What kind of lighting do you have? How much lighting do you have? How large is your aquarium? How long are your lights on for? Do you dose any fertilizers? Do you have CO2 injection (either pressurized or CO2?)

More information is needed!


----------



## mac_33 (Dec 29, 2010)

Darkblade48 said:


> It looks like algae to me.
> 
> What kind of lighting do you have? How much lighting do you have? How large is your aquarium? How long are your lights on for? Do you dose any fertilizers? Do you have CO2 injection (either pressurized or CO2?)
> 
> More information is needed!


Thanks for the quick reply. I have a 25 gallon aquarium, 31" x 12" x 15". I currently have a 20W power-glo lamp in there. I used to have a 20W aqua-glo in there before. I have been using API Leaf Zone Plant. I have no CO2 but am thinking about getting SeaChem Flourish Excel. Do you think it is a good idea?

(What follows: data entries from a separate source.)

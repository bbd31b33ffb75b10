// Bodies of a length, and those that the end of the source ends.
ghost use Rattle.std.specs.Prelude.{◌≡◌, ◌≤◌, List, ℕ, drop, vec_len};
ghost use Rattle.swf_http.specs.Bodies.{body_of, rest_of};
ghost use Rattle.swf_http.specs.Sources.{Splits, ReadCause};
ghost use Rattle.swf_http.specs.Verdicts.{Answers};

use crate::grow::grow;
use crate::sizes::MOST_BODY;
use crate::{HttpFault, Source};
use std::alloc::Global;

/// Reads the body of so many bytes that begins at a place of a buffer. It takes no memory before they are there.
pub(crate) fn read_body<S: Source>(
    alloc: Global,
    from: &mut S,
    buffer: &mut Vec<u8>,
    at: usize,
    size: usize,
) -> Result<Vec<u8>, HttpFault>
    requires { at ≤ vec_len buffer.old }
    ensures says { (bytes : List ℕ) → Splits bytes buffer.old.items (S.left from.old)
        → Answers (λ behind v. v ≡ body_of size behind) (λ items body. body.items ≡ items) (drop at bytes) result }
    ensures cause { ReadCause result (S.faults from.old) (S.faults from.new) }
    ensures beside { S.beside from.new ≡ S.beside from.old }
{
    'pieces: while buffer.len() - at < size {
        if grow(from, buffer, at.saturating_add(size))? == 0 {
            return Err(HttpFault::Ended);
        }
    }
    Ok(buffer[at..at + size].to_vec(alloc)?)
}

/// Reads the body that begins at a place of a buffer and goes on to the end.
pub(crate) fn read_rest<S: Source>(
    alloc: Global,
    from: &mut S,
    buffer: &mut Vec<u8>,
    at: usize,
) -> Result<Vec<u8>, HttpFault>
    requires { at ≤ vec_len buffer.old }
    ensures says { (bytes : List ℕ) → Splits bytes buffer.old.items (S.left from.old)
        → Answers (λ behind v. v ≡ rest_of behind) (λ items body. body.items ≡ items) (drop at bytes) result }
    ensures cause { ReadCause result (S.faults from.old) (S.faults from.new) }
    ensures beside { S.beside from.new ≡ S.beside from.old }
{
    'pieces: while buffer.len() - at <= MOST_BODY {
        if grow(from, buffer, at.saturating_add(MOST_BODY + 1))? == 0 {
            return Ok(buffer[at..].to_vec(alloc)?);
        }
    }
    Err(HttpFault::TooLong)
}
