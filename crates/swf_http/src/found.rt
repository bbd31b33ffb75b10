// Where the parts of a message stand at the front of some bytes.
ghost use Rattle.std.specs.Prelude.{◌≡◌, ◌+◌, ◌≤◌, ◌/◌, length, vec_len, IfOk};
ghost use Rattle.httparse.specs.Grammar.{RequestHead, ResponseHead, ChunkLine};
ghost use Rattle.swf_http.specs.Pieces.{Settles, Section, request_form, response_form, line_form, trailer_form};
ghost use Rattle.swf_http.specs.Stands.{IsFoundRequest, IsFoundResponse, IsFoundLine, IsFoundTrailer};

use crate::HttpFault;
use crate::piece::Piece;
use crate::target::ends_in_target;
use httparse::spans::{
    EMPTY_HEADER_SPAN, HeaderSpan, RequestSpans, ResponseSpans, parse_headers, parse_request,
    parse_response,
};
use httparse::{Error, Status, parse_chunk_size};
use std::alloc::{AllocError, Global};

/// Where the parts of a request's head stand. Its fields are the first of the headers.
#[derive(Drop)]
pub struct FoundRequest {
    pub spans: RequestSpans,
    pub headers: Vec<HeaderSpan>,
}

/// Where the parts of a response's head stand. Its fields are the first of the headers.
#[derive(Drop)]
pub struct FoundResponse {
    pub spans: ResponseSpans,
    pub headers: Vec<HeaderSpan>,
}

/// A chunk's line of so many bytes, and the size of the chunk.
#[derive(Drop)]
pub struct FoundLine {
    pub len: usize,
    pub size: u64,
}

/// A trailer of so many bytes, and how many fields it has.
#[derive(Drop)]
pub struct FoundTrailer {
    pub len: usize,
    pub count: usize,
}

// Room for each field that these bytes can have.
fn room_for(alloc: Global, bytes: &[u8]) -> Result<Vec<HeaderSpan>, AllocError>
    ensures { IfOk result (λ headers. vec_len headers ≡ length bytes.now / 3 + 1) }
{
    vec![in alloc; EMPTY_HEADER_SPAN; bytes.len() / 3 + 1]
}

// Whether an empty line ends behind so many of the bytes, and stands at their front or follows a line that is not empty.
fn has_empty_line(bytes: &[u8], seen: usize) -> bool
    requires { seen ≤ length bytes.now }
{
    for at in seen..bytes.len() {
        if bytes[at] == b'\n' && ends_empty_line(&bytes[..at]) {
            return true;
        }
    }
    false
}

// Whether a line feed behind these bytes ends an empty line that stands at their front or follows a line that is not empty.
fn ends_empty_line(bytes: &[u8]) -> bool {
    match without_return(bytes) {
        [] => true,
        [before @ .., b'\n'] => !matches!(
            without_return(before).last(),
            None | Some(b'\n' | b'\r')
        ),
        _ => false,
    }
}

// The bytes without a carriage return at their end.
fn without_return(bytes: &[u8]) -> &[u8] {
    match bytes {
        [before @ .., b'\r'] => before,
        _ => bytes,
    }
}

impl Piece for FoundRequest {
    ghost Tree = { RequestHead };

    ghost form = { request_form };

    ghost stands = { IsFoundRequest };

    fn settle(alloc: Global, bytes: &[u8]) -> Result<Option<FoundRequest>, HttpFault>
        ensures { Settles request_form IsFoundRequest bytes.now result }
    {
        let mut headers = room_for(alloc, bytes)?;
        match parse_request(bytes, headers.as_mut_slice()) {
            Ok(Status::Complete(spans)) => Ok(Some(FoundRequest { spans, headers })),
            Ok(Status::Partial) => Ok(None),
            Err(Error::TooManyHeaders) => unreachable!(),
            Err(_) if ends_in_target(bytes) => Ok(None),
            Err(_) => Err(HttpFault::BadMessage),
        }
    }

    fn may_end(bytes: &[u8], seen: usize) -> bool {
        has_empty_line(bytes, seen)
    }
}

impl Piece for FoundResponse {
    ghost Tree = { ResponseHead };

    ghost form = { response_form };

    ghost stands = { IsFoundResponse };

    fn settle(alloc: Global, bytes: &[u8]) -> Result<Option<FoundResponse>, HttpFault>
        ensures { Settles response_form IsFoundResponse bytes.now result }
    {
        let mut headers = room_for(alloc, bytes)?;
        match parse_response(bytes, headers.as_mut_slice()) {
            Ok(Status::Complete(spans)) => Ok(Some(FoundResponse { spans, headers })),
            Ok(Status::Partial) => Ok(None),
            Err(Error::TooManyHeaders) => unreachable!(),
            Err(_) => Err(HttpFault::BadMessage),
        }
    }

    fn may_end(bytes: &[u8], seen: usize) -> bool {
        has_empty_line(bytes, seen)
    }
}

impl Piece for FoundLine {
    ghost Tree = { ChunkLine };

    ghost form = { line_form };

    ghost stands = { IsFoundLine };

    fn settle(_: Global, bytes: &[u8]) -> Result<Option<FoundLine>, HttpFault>
        ensures { Settles line_form IsFoundLine bytes.now result }
    {
        match parse_chunk_size(bytes) {
            Ok(Status::Complete((len, size))) => Ok(Some(FoundLine { len, size })),
            Ok(Status::Partial) => Ok(None),
            Err(_) => Err(HttpFault::BadMessage),
        }
    }

    fn may_end(bytes: &[u8], seen: usize) -> bool {
        bytes[seen..].contains(&b'\n')
    }
}

impl Piece for FoundTrailer {
    ghost Tree = { Section };

    ghost form = { trailer_form };

    ghost stands = { IsFoundTrailer };

    fn settle(alloc: Global, bytes: &[u8]) -> Result<Option<FoundTrailer>, HttpFault>
        ensures { Settles trailer_form IsFoundTrailer bytes.now result }
    {
        let mut headers = room_for(alloc, bytes)?;
        match parse_headers(bytes, headers.as_mut_slice()) {
            Ok(Status::Complete(found)) => Ok(Some(FoundTrailer {
                len: found.0,
                count: found.1,
            })),
            Ok(Status::Partial) => Ok(None),
            Err(Error::TooManyHeaders) => unreachable!(),
            Err(_) => Err(HttpFault::BadMessage),
        }
    }

    fn may_end(bytes: &[u8], seen: usize) -> bool {
        has_empty_line(bytes, seen)
    }
}
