// Bytes from a source to the end of a buffer.
ghost use Rattle.std.specs.Prelude.{◌≡◌, ◌+◌, ◌<◌, ◌≤◌, List, ℕ, [], Some, true, false, vec_len, IfOk, OnOk};
ghost use Rattle.std.specs.Option.{ForSome};
ghost use Rattle.swf_http.specs.Sources.{Grows, Splits, IsReadFault, ReadCause};

use crate::piece::Piece;
use crate::{HttpFault, Source};
use swf_store::Failed;

/// The most bytes that are read at once.
const AT_ONCE: usize = 4096;

/// Reads some bytes to the end of a buffer, which has at most so many then. None come only at the end.
pub(crate) fn grow<S: Source>(
    from: &mut S,
    buffer: &mut Vec<u8>,
    most: usize,
) -> Result<usize, HttpFault>
    requires { vec_len buffer.old < most }
    ensures size { IfOk result (λ n. (vec_len buffer.new ≡ vec_len buffer.old + n) × (vec_len buffer.new ≤ most)) }
    ensures grows { ForSome (S.left from.old) (λ rest. IfOk result (λ n. Grows n buffer.old.items buffer.new.items rest (S.left from.new))) }
    ensures cause { ReadCause result (S.faults from.old) (S.faults from.new) }
    ensures faults { IsReadFault result }
    ensures beside { S.beside from.new ≡ S.beside from.old }
{
    let mut block = [0u8; AT_ONCE];
    let room = (most - buffer.len()).min(AT_ONCE);
    let window = &mut block[..room];
    match from.read(window) {
        Ok(count) => {
            buffer.extend_from_slice(&window[..count])?;
            Ok(count)
        }
        Err(Failed) => Err(HttpFault::Read),
    }
}

/// Reads on until the piece that begins at a place of a buffer may be whole, there are twice as many of its bytes, the buffer has so many,
/// or the source ends. Says whether it did not end.
pub(crate) fn fill<P: Piece, S: Source>(
    from: &mut S,
    buffer: &mut Vec<u8>,
    at: usize,
    most: usize,
) -> Result<bool, HttpFault>
    requires at { at ≤ vec_len buffer.old }
    requires room { vec_len buffer.old < most }
    ensures size { OnOk result ((vec_len buffer.old ≤ vec_len buffer.new) × (vec_len buffer.new ≤ most)) }
    ensures grows { IfOk result (λ more. more ≡ true → vec_len buffer.old < vec_len buffer.new) }
    ensures splits { (bytes : List ℕ) → Splits bytes buffer.old.items (S.left from.old) → OnOk result (Splits bytes buffer.new.items (S.left from.new)) }
    ensures at_end { (bytes : List ℕ) → Splits bytes buffer.old.items (S.left from.old) → IfOk result (λ more. more ≡ false → bytes ≡ buffer.new.items) }
    ensures cause { ReadCause result (S.faults from.old) (S.faults from.new) }
    ensures faults { IsReadFault result }
    ensures beside { S.beside from.new ≡ S.beside from.old }
{
    let seen = buffer.len() - at;
    'pieces: loop {
        let before = buffer.len() - at;
        if grow(from, buffer, most)? == 0 {
            return Ok(false);
        }
        let piece = &buffer[at..];
        if buffer.len() >= most || piece.len() / 2 >= seen || P::may_end(piece, before) {
            return Ok(true);
        }
    }
}
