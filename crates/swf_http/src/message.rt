// The messages of HTTP, as values.
use swf_calls::Headers;
use swf_text::Text;

/// A request. The headers stand by ascending name; the body has at most 1,048,576 bytes where it was read.
#[derive(Drop)]
pub struct Request {
    pub method: Text,
    pub target: Text,
    pub headers: Headers,
    pub body: Vec<u8>,
}

/// A response, of status 100 to 599. The headers stand by ascending name; the body has at most 1,048,576 bytes where it was read.
#[derive(Drop)]
pub struct Response {
    pub status: u16,
    pub headers: Headers,
    pub body: Vec<u8>,
}
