// Whether bytes end within the target of a request.
ghost use Rattle.std.specs.Prelude.{◌≡◌, ◌↔◌, ℕ, List, IsTrue};
ghost use Rattle.httparse.specs.Grammar.{EndsInTarget};
ghost use Rattle.swf_http.specs.Targets.{step, run};

use httparse::{is_method_token, is_uri_token};

/// How far a request has been read.
#[derive(Clone, Copy)]
pub enum Place {
    Blank,
    AfterReturn,
    Method,
    Target,
    Nowhere,
}

fn step_on(place: Place, b: u8) -> Place
    ensures { result ≡ step place b }
{
    match place {
        Place::Blank => match b {
            b'\n' => Place::Blank,
            b'\r' => Place::AfterReturn,
            _ if is_method_token(b) => Place::Method,
            _ => Place::Nowhere,
        },
        Place::AfterReturn => if b == b'\n' {
            Place::Blank
        } else {
            Place::Nowhere
        },
        Place::Method => match b {
            b' ' => Place::Target,
            _ if is_method_token(b) => Place::Method,
            _ => Place::Nowhere,
        },
        Place::Target => if is_uri_token(b) {
            Place::Target
        } else {
            Place::Nowhere
        },
        Place::Nowhere => Place::Nowhere,
    }
}

fn place_of(bytes: &[u8]) -> Place
    ensures { result ≡ run Place.Blank bytes.now }
{
    let mut place = Place::Blank;
    for b in bytes {
        place = step_on(place, *b);
    }
    place
}

/// Whether the bytes begin a request and end within its target.
pub(crate) fn ends_in_target(bytes: &[u8]) -> bool
    ensures { IsTrue result ↔ EndsInTarget bytes.now }
{
    matches!(place_of(bytes), Place::Target)
}
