// What holds of all bytes that messages are read from.
ghost use Rattle.swf_http.specs.Requests.{SaysRequest};
ghost use Rattle.swf_http.specs.Responses.{SaysResponse};
ghost use Rattle.swf_http.specs.Verdicts.{OneVerdict};

/// All bytes have one verdict on a request at most, so it doesn't matter how a source cuts them.
pub fn requests_are_one()
    ensures { OneVerdict SaysRequest }
{}

/// The same for a response, whether a body follows it or not.
pub fn responses_are_one(head: bool)
    ensures { OneVerdict (SaysResponse head) }
{}
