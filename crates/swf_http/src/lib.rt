//! Messages of HTTP/1.1: read from any source of bytes, and written to any sink.
#![tactic(auto)]

mod body;
mod chunked;
mod fault;
mod follow;
mod found;
mod grow;
mod judge;
mod laws;
mod memory_sink;
mod memory_source;
mod message;
mod parts;
mod piece;
mod request;
mod response;
mod send;
mod sink;
mod sizes;
mod source;
mod target;

pub use fault::{HttpFault, SendFault};
pub use laws::{requests_are_one, responses_are_one};
pub use memory_sink::MemorySink;
pub use memory_source::MemorySource;
pub use message::{Request, Response};
pub use request::read_request;
pub use response::read_response;
pub use send::{write_request, write_response};
pub use sink::Sink;
pub use source::Source;
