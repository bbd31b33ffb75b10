// What a whole head says of its body.
ghost use Rattle.std.specs.Prelude.{◌≡◌};
ghost use Rattle.httparse.specs.Grammar.{RequestHead};
ghost use Rattle.httparse.specs.Spans.{IsRequestAt, IsRequestWithin};
ghost use Rattle.swf_http.specs.Framing.{size_of, judged, judge_fields, judge};

use crate::found::FoundRequest;
use crate::sizes::{MOST_BODY, MOST_FIELDS};
use http1::fields::KnownFields;
use http1::framing::{Framing, FramingError, MethodKind, request_framing};

/// What a head leads to: no message, too long a one, or a body of so many bytes.
#[derive(Clone, Copy)]
pub enum Judgement {
    Bad,
    TooLong,
    Sized(u64),
}

// The length of a request's body.
fn size_of(framing: Result<Framing, FramingError>) -> Option<u64>
    ensures { result ≡ size_of framing }
{
    match framing {
        Ok(Framing::NoBody) => Some(0),
        Ok(Framing::Length(size)) => Some(size),
        Ok(Framing::Chunked | Framing::UntilClose) | Err(_) => None,
    }
}

fn judged(size: Option<u64>, many: bool) -> Judgement
    ensures { result ≡ judged size many }
{
    match size {
        None => Judgement::Bad,
        Some(size) => if many || size > MOST_BODY as u64 {
            Judgement::TooLong
        } else {
            Judgement::Sized(size)
        },
    }
}

fn judge_fields(minor: u8, known: &KnownFields, count: usize) -> Judgement
    ensures { result ≡ judge_fields minor known.now count }
{
    let framing = request_framing(MethodKind::Other, minor, known);
    judged(size_of(framing), count > MOST_FIELDS)
}

/// What a head that was found in some bytes leads to.
pub(crate) fn judge(bytes: &[u8], found: &FoundRequest) -> Judgement
    requires { IsRequestWithin bytes.now found.now.headers.items found.now.spans }
    ensures { (h : RequestHead) → IsRequestAt bytes.now found.now.headers.items found.now.spans h → result ≡ judge h }
{
    let headers = &found.headers[..found.spans.headers];
    let known = KnownFields::from_spans(bytes, headers);
    judge_fields(found.spans.version, &known, headers.len())
}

The light is on around 14 hours a day, I have a timer but haven't started using it yet. So far I'm guessing that I should start using the timer and some Excel. I have 5 different plants in there.


----------



## Darkblade48 (Jan 28, 2008)

A 14 hour photoperiod is probably the start of your problem. You don't need much more than 8 hours.

Do you know if you have a T8, T5NO or a T5HO bulb? If you are using a T8 bulb, you have quite low light...


----------



## mac_33 (Dec 29, 2010)

Darkblade48 said:


> A 14 hour photoperiod is probably the start of your problem. You don't need much more than 8 hours.
> 
> Do you know if you have a T8, T5NO or a T5HO bulb? If you are using a T8 bulb, you have quite low light...


Alright, I will be reducing the photoperiod then. It is a 24" T8 bulb, I guess I'll be trying to find a DIY way to mount a second light on the canopy. Any suggestions?

I just got some Flourish Excel, should I try using it?


----------



## mac_33 (Dec 29, 2010)

Darkblade48 said:


> A 14 hour photoperiod is probably the start of your problem. You don't need much more than 8 hours.
> 
> Do you know if you have a T8, T5NO or a T5HO bulb? If you are using a T8 bulb, you have quite low light...


Alright, so I added two more 13W CFL bulbs to the canopy and started the excel and the algae seems to be gone.

But now I have a different problem. I have this wierd stuff growing on this plant, it looks like some sort of brown worm. Anyone who what this is?

TIA.


----------



## Darkblade48 (Jan 28, 2008)

It is how Java Fern propagates itself. From the tips of the leaves, roots (and eventually a baby plantlet) will emerge. This baby plantlet eventually detaches itself from the mother plant and floats to another location, where it will grow (of course, in an aquarium, it cannot really float that far away).


----------



## mac_33 (Dec 29, 2010)

Darkblade48 said:


> It is how Java Fern propagates itself. From the tips of the leaves, roots (and eventually a baby plantlet) will emerge. This baby plantlet eventually detaches itself from the mother plant and floats to another location, where it will grow (of course, in an aquarium, it cannot really float that far away).


Thank you for the quick reply. I was getting worried before.


----------



## Jamblor (Dec 21, 2010)

Kinda sidetracking, but how did you attach the new CFLs to the canopy? I'm also concerned about my low light levels.


----------



## mac_33 (Dec 29, 2010)

Jamblor said:


> Kinda sidetracking, but how did you attach the new CFLs to the canopy? I'm also concerned about my low light levels.


I had to drill holes in for the wires and the bulbs in the canopy. I have some pics below.

The tube was in from before.


----------



## vinjo (Dec 8, 2010)

Is the white stuff stringy in feel or look?

If so it is just a form of algae, I believe hair algae.


----------



## mac_33 (Dec 29, 2010)

Thanks for the reply. It's no longer there and I don't really remember. I think it was stringy. But the good thing is that it is gone now.


----------